10-24-2025 Power Series

Basic geometric series

$\sum_{n=0}^\infty x^n = 1 + x + x² + x³ + … + x^n + … = \frac 1{1-x}$ for |x| < 1

Theorem 22. Properties of Functions Defined by Power Series

If a power series $\sum_{n=0}^\infty c_n(x-a)^n$ has a non-zero convergence R, then the function defined by $f(x) = \sum_{n=0}^\infty c_n(x-a)^n = c_0 + c_1(x-a) + c_2(x-a)²+…$ is continuous and differentiable on the interval $(a-R,a+R)$ and
- $f’(x) = \frac d{dx} \sum_{n=1}^\infty c_n(x-a)^n \rightarrow \sum_{n=0}^\infty \frac{d(c_n(x-a)^n)}{dx} \Rightarrow \sum_{n=1}^\infty nc_n(x-a)^{n-1}=c_1+2c_2(x-a)+3c_3(x-a)²+…$
- $\int f(x)dx = \int \sum_{n=0}^\infty c_n(x-a)^n dx$
  - $=\sum_{n=0}^\infty \int c_n(x-a)^n dx$
  - $=C+\sum_{n=0}^\infty c_n \frac {(x-a)^{n+1}}{n+1}$
  - $=C+c_0(x-a)+c_1 \frac {(x-1)²}2 + c_2 \frac {(x-a)³} 3 + …$

Practice: Find a power series representation for $f(x) = \frac 1{(1+x)²}$ and find its radius of convergence

For $g(x) = \frac 1{1+x}, g’(x) = - \frac 1{(1+x)²} = -f(x)$

$\frac 1{1+x} = \frac 1{1-(-x)} = 1 - x + x² - x³ + x^4 - … = \sum (-1)^n \cdot x^n$ for |-x| < 1

$\frac {d(\frac 1{1+x})}{dx} = \frac {-1}{(1+x)²} = -1 + 2x - 3x² + … = \sum_{n=0}^\infty \frac {d((-1)^n \cdot x^n)}{dx} = \sum_{n=1}^\infty (-1)^n \cdot nx^{n-1}$

Therefore:

$f(x) = \frac 1{(1+x)²} = 1 - 2x + 3x² - … = \sum _{n=1}^\infty (-1)^{n+1} \cdot nx^{n-1}$

The radius of convergence is the same as that of the original series, R = 1. We leave it as an exercise to show that (-1, 1) is the interval of convergence for both series.

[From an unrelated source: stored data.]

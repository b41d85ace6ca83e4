ghost use Rattle.std.specs.Prelude.{◌≡◌, IfNone, IfSome};
ghost use Rattle.serve_line.specs.Sendings.{is_late, IsSent, IsWritten};

use crate::clients::limits::PATIENCE_S;
use crate::failures::is_rest;
use crate::moments::seconds_between;
use serve_journal::Opened;
use std::io::Write;
use std::time::{Clock, Instant};

/// How much of an answer was sent.
#[derive(Clone, Copy, PartialEq, Eq)]
pub(crate) enum Sent {
    Whole,
    /// Only a part was sent: the connection failed, or did not take all of it in time.
    Short,
}

/// Sends an answer. Ten seconds after the start, no further part of it is written.
#[tactic(auto, using(crate::proofs::WrittenLemmas::written_steps))]
pub(crate) fn send<R: Clock, O: Write>(rt: &R, out: &mut O, text: &Opened<Vec<u8>>) -> Sent
    ensures { IsSent text.now.answer.items result (O.contents out.old) (O.contents out.new) }
{
    let Ok(begun) = Instant::now(rt) else {
        return Sent::Short;
    };
    let mut rest = text.get().as_slice();
    for _ in 0..u64::MAX {
        if rest.is_empty() {
            return Sent::Whole;
        }
        let Some(left) = write_some(out, rest) else {
            break;
        };
        rest = left;
        if !rest.is_empty() && is_late(begun, Instant::now(rt).ok()) {
            break;
        }
    }
    Sent::Short
}

/// Writes as many bytes as the connection takes now. The result is the rest; `None` if the connection failed.
#[tactic(auto, using(crate::proofs::WrittenLemmas::written_steps))]
pub(crate) fn write_some<'a, O: Write>(out: &mut O, text: &'a [u8]) -> Option<&'a [u8]>
    ensures some { IfSome result
        (λ rest. IsWritten text.entry.now rest.now (O.contents out.old) (O.contents out.new)) }
    ensures none { IfNone result
        (IsWritten text.entry.now text.entry.now (O.contents out.old) (O.contents out.new)) }
{
    match out.write(text) {
        Ok(0) => None,
        Ok(count) => text.get(count..),
        Err(error) if is_rest(error.kind()) => Some(text),
        Err(_) => None,
    }
}

// Whether an answer that began at this time takes too long, or the clock gave no time.
fn is_late(begun: Instant, now: Option<Instant>) -> bool
    ensures { result ≡ is_late begun now }
{
    match now {
        Some(now) => seconds_between(begun, now) >= PATIENCE_S,
        None => true,
    }
}
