ghost use Rattle.std.specs.Prelude.{◌≡◌};
ghost use Rattle.serve_notes.specs.declared.about.PeerConnection.TheVariants.{Train};
ghost use Rattle.serve_notes.specs.declared.kinds.Kind.TheVariants.{End as EndKind};
ghost use Rattle.serve_line.specs.SessionEnds.{foreign_at};

use crate::clients::binding::Binding;
use crate::clients::limits::{PATIENCE_S, REPLIES, SILENCE_S};
use crate::clients::noted::LoggedSink;
use crate::clients::paced::Paced;
use crate::clients::rate_limit::RateLimit;
use crate::clients::session_end::{End, end_after};
use crate::state::{CentreSink, Server, Slot, set_waits};
use crossbeam_channel::{Receiver, bounded};
use rbc_node::{Node, Open};
use serve_notes::{About, Kind, Notes, PeerConnection};
use serve_workers::connections::{Connection, ConnectionSink, Shared};
use serve_workers::run_session;
use serve_workers::writing::{Reply, SharedWriter, run_held_writer, run_writer};
use std::alloc::{AllocError, Global};
use std::net::{Shutdown, TcpStream};
use std::sync::atomic::AtomicU32;
use std::sync::{Arc, Wait};
use std::thread;
use std::thread::Threads;
use std::time::{Clock, Duration};
use text_script::print::name_of;

/// Serves a train's connection at a centre to its end.
pub(crate) fn serve_train<R: Threads + Wait + Sync + Clock, N: Notes + Sync>(
    rt: &R,
    server: &Server<'_>,
    notes: &N,
    centre: u8,
    slot: &Slot,
    stream: Arc<TcpStream, Global>,
) {
    let name = name_of(server.line, centre);
    let number = slot.number;
    let at = centre as usize;
    let (Some(node), Some(sink)) = (server.nodes.get(at), server.sinks.get(at)) else {
        return;
    };
    let connections = sink.connections;
    let Ok(ends) = entered(rt, server.alloc, sink, number, stream) else {
        notes.note(
            about_slot(Kind::Refusal, name, number),
            format_args!("{name}: a train is refused, memory ran out"),
        );
        return;
    };
    notes.note(
        about_slot(Kind::Begin, name, number),
        format_args!("{name}: train connection {number} begins"),
    );
    let noted = LoggedSink {
        connection_sink: ConnectionSink {
            connections,
            number,
        },
        sink,
        events: AtomicU32::new(0),
        notes,
    };
    match read_and_write(rt, server, node, slot, &ends, &noted) {
        Some(end) => tell_end(notes, name, number, end),
        None => notes.note(
            about_slot(Kind::Thread, name, number),
            format_args!("{name}: train connection {number} is ended, no thread could be made"),
        ),
    }
}

// The subject of a note about the connection with this number, at the centre of this name.
fn about_slot(kind: Kind, name: &str, number: usize) -> About<'_>
    ensures { result
        ≡ record { kind = kind; centre = Some name.entry; engine = None; peer = Some (Train number) } }
{
    About::centre(kind, name).over(PeerConnection::Train(number))
}

// The subject of the note of an end. It names the train of a refused message.
fn about_end(name: &str, number: usize, end: End) -> About<'_>
    ensures { result
        ≡ record { kind = EndKind; centre = Some name.entry; engine = foreign_at end; peer = Some (Train number) } }
{
    let about = about_slot(Kind::End, name, number);
    match end.foreign() {
        Some(nid_engine) => about.train(nid_engine),
        None => about,
    }
}

// The parts of a connection that its two threads use.
#[derive(Drop)]
struct Ends {
    stream: Arc<TcpStream, Global>,
    shared_writer: Arc<SharedWriter<Shared>, Global>,
    replies: Receiver<Reply>,
}

// Registers the connection with the centre's connections, and returns the parts for its threads.
fn entered<R: Wait>(
    rt: &R,
    alloc: Global,
    sink: &CentreSink<'_>,
    number: usize,
    stream: Arc<TcpStream, Global>,
) -> Result<Ends, AllocError> {
    set_waits(
        &stream,
        Duration::from_secs(SILENCE_S),
        Duration::from_secs(PATIENCE_S),
    );
    let (ends, connection) = ends_of(alloc, stream)?;
    sink.connections.enter(rt, number, connection)?;
    Ok(ends)
}

// The parts of a connection for its threads, and the part for the centre's connections.
fn ends_of(
    alloc: Global,
    stream: Arc<TcpStream, Global>,
) -> Result<(Ends, Connection), AllocError> {
    let shared_writer = Arc::new(alloc, SharedWriter::new(Shared(Arc::try_clone(&stream)?)))?;
    let (sender, replies) = bounded(alloc, REPLIES)?;
    let connection = Connection::new(
        sender,
        Arc::try_clone(&shared_writer)?,
        Arc::try_clone(&stream)?,
    );
    let ends = Ends {
        stream,
        shared_writer,
        replies,
    };
    Ok((ends, connection))
}

// Reads and writes the connection, each in a thread, and returns its end. If the writer's thread can't be made, the
// connection is not read, and the result is `None`.
fn read_and_write<R: Threads + Wait + Sync + Clock, N: Notes + Sync>(
    rt: &R,
    server: &Server<'_>,
    node: &Node,
    slot: &Slot,
    ends: &Ends,
    noted: &LoggedSink<'_, N>,
) -> Option<End> {
    thread::scope(thread::scope_env(), rt, |scope| {
        let sink = noted.sink;
        if scope.spawn(move || write_replies(rt, ends, sink)).is_err() {
            noted.connection_sink.connections.leave(rt, slot.number);
            return None;
        }
        Some(read_messages(rt, server, node, slot, &ends.stream, noted))
    })
}

// Commits the messages of the train, and returns the end of the session.
fn read_messages<R: Wait + Clock, N: Notes>(
    rt: &R,
    server: &Server<'_>,
    node: &Node,
    slot: &Slot,
    stream: &TcpStream,
    noted: &LoggedSink<'_, N>,
) -> End {
    let mut shares = slot.shares.lock(rt);
    let Some(share) = shares.first_mut() else {
        return End::Cut;
    };
    let rate_limit = RateLimit {
        rt,
        line: server.line,
        paces: &noted.sink.paces,
        slot,
    };
    let binding = Binding {
        rt,
        connection: noted.connection_sink,
        is_bound: server.options.is_bound,
    };
    let mut source = Paced::new(stream, rate_limit, binding);
    let end = run_session(rt, server.alloc, node, &Open, share, &mut source, noted);
    let is_kept = noted.connection_sink.connections.leave(rt, slot.number);
    end_after(end, is_kept, slot.is_leaving(), source.refused())
}

// Writes the pending replies of a connection. If there is a journal, each reply waits until its event is written there.
// After the last reply the connection is shut for the reader too.
fn write_replies<R: Wait>(rt: &R, ends: &Ends, sink: &CentreSink<'_>) {
    let mut out = ends.shared_writer.end(rt);
    let _ = match sink.journal {
        Some(_) => run_held_writer(rt, &ends.replies, sink, &mut out),
        None => run_writer(rt, &ends.replies, &mut out),
    };
    let _ = ends.stream.shutdown(Shutdown::Both);
}

fn tell_end<N: Notes>(notes: &N, name: &str, number: usize, end: End) {
    let about = about_end(name, number, end);
    match end.words() {
        (told, Some(fault)) => {
            notes.note(
                about,
                format_args!("{name}: train connection {number} {told} {fault}"),
            );
        }
        (told, None) => notes.note(
            about,
            format_args!("{name}: train connection {number} {told}"),
        ),
    }
}
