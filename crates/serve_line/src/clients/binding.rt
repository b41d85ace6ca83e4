ghost use Rattle.std.specs.Prelude.{◌≡◌, false, true};

use crate::clients::cutter::Head;
use serve_workers::connections::ConnectionSink;
use std::sync::Wait;

/// NID_MESSAGE of an initiation of session.
const INITIATION: u8 = 155;

/// Decides which messages are taken over a train's connection.
#[derive(Drop)]
pub(crate) struct Binding<'a, R> {
    pub rt: &'a R,
    pub connection: ConnectionSink<'a>,
    /// Whether a train's messages are taken only over the connection that serves the train.
    pub is_bound: bool,
}

impl<R: Wait> Binding<'_, R> {
    /// Whether a message is taken. An initiation of session is taken over any connection.
    pub fn admits(&self, head: Head) -> bool
        ensures free { self.now.is_bound ≡ false → result ≡ true }
        ensures initiation { head.nid_message ≡ 155 → result ≡ true }
    {
        if !self.is_bound || head.nid_message == INITIATION {
            return true;
        }
        let ConnectionSink {
            connections,
            number,
        } = self.connection;
        connections.serves(self.rt, number, head.nid_engine)
    }
}
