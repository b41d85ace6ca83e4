ghost use Rattle.std.specs.Prelude.{◌≡◌, List, ℕ, OnOk, OnErr};
ghost use Rattle.std.specs.Io.KnownBytes.{append_known};
ghost use Rattle.serve_journal.specs.Bytes.{cut_to, IsCut};

use std::io;

/// A file that grows at its end, and that a crash may cut short.
pub trait DurableFile {
    // The bytes of the file.
    ghost contents: { Self → Option (List ℕ) } = { λ _. None };

    // The bytes that a crash keeps: whatever is left after a crash at any moment from now on begins with them.
    ghost durable: { Self → Option (List ℕ) } = { λ _. None };

    ghost use Rattle.std.specs.Prelude.{Option, None, take};

    /// Appends bytes. After an error a part of them may be in the file.
    fn append(&mut self, bytes: &[u8]) -> io::Result<()>
        ensures ok { OnOk result (contents self.new ≡ append_known (contents self.old) bytes.now) }
        ensures err { OnErr result ((count : ℕ)
            × (contents self.new ≡ append_known (contents self.old) (take count bytes.now))) }
        ensures durable { durable self.new ≡ durable self.old };

    /// Waits until all contents are durable.
    fn sync(&mut self) -> io::Result<()>
        ensures ok { OnOk result (durable self.new ≡ contents self.old) }
        ensures contents { contents self.new ≡ contents self.old }
        ensures err { OnErr result (durable self.new ≡ durable self.old) };

    /// Cuts the file after its first `length` bytes. It is an error if the file has fewer.
    fn cut(&mut self, length: u64) -> io::Result<()>
        ensures ok { OnOk result (IsCut length (contents self.old) (contents self.new)) }
        ensures err { OnErr result (contents self.new ≡ contents self.old) }
        ensures durable { durable self.new ≡ cut_to length (durable self.old) };
}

Find a power series representation for $ln(1+x)$ and find its radius of convergence.

Recall that $\ln(1+x) + C = \int \frac 1{1+x} dx$

Using equation 2:

$\frac 1{1+x} = \frac 1{1-(-x)}$

$= 1 + (-x) + (-x)² + (-x)³ + (-x)^4 = …$

$= 1 - x + x² - x³ + x^4 - …$

Therefore, the following families of functions are equal.

$\ln(1+x) + C = \int \frac 1{1+x} dx = \int (1-x+x²-x³+x^4-…)dx$

$=\int \sum_{n=0}^\infty (-1)^nx^n dx = \sum_{n=0}^\infty \int (-1)^n x^n dx$

$= x - \frac {x²} 2 + \frac {x³} 3 - \frac {x^4}4 + … + \overline C$

$=\sum_{n=0}^\infty (-1)^n \frac {x^{n+1}}{n+1} + \overline C$

Therefore there is a constant $\overline C$ such that

$\ln (1+x) = \sum_{n=0}^\infty (-1)^n \frac {x^{n+1}}{n+1} + \overline C$

To fine the $\overline C$ that gives $\ln (1+x)$ , we put $x=0$ into this equation which gives us

$\ln(1+x) = \sum_{n=0}^\infty (-1)^n \frac {x^{n+1}}{n+1}$

By Theorem 22 the radius of convergence is R = 1, since this is the radius of convergence for $\frac 1{1+x} = \sum_{n=0}^\infty (-1)^nx^n$ . Notice that (-1, 1) is the largest open interval of values of x centered at 0 on which $\ln(1+x)$ is defined. At the endpoints $-1$ and $1$ we have the negative of the harmonic series and the alternating harmonic series, respectively. Thus, the interval of convergence is (-1, 1].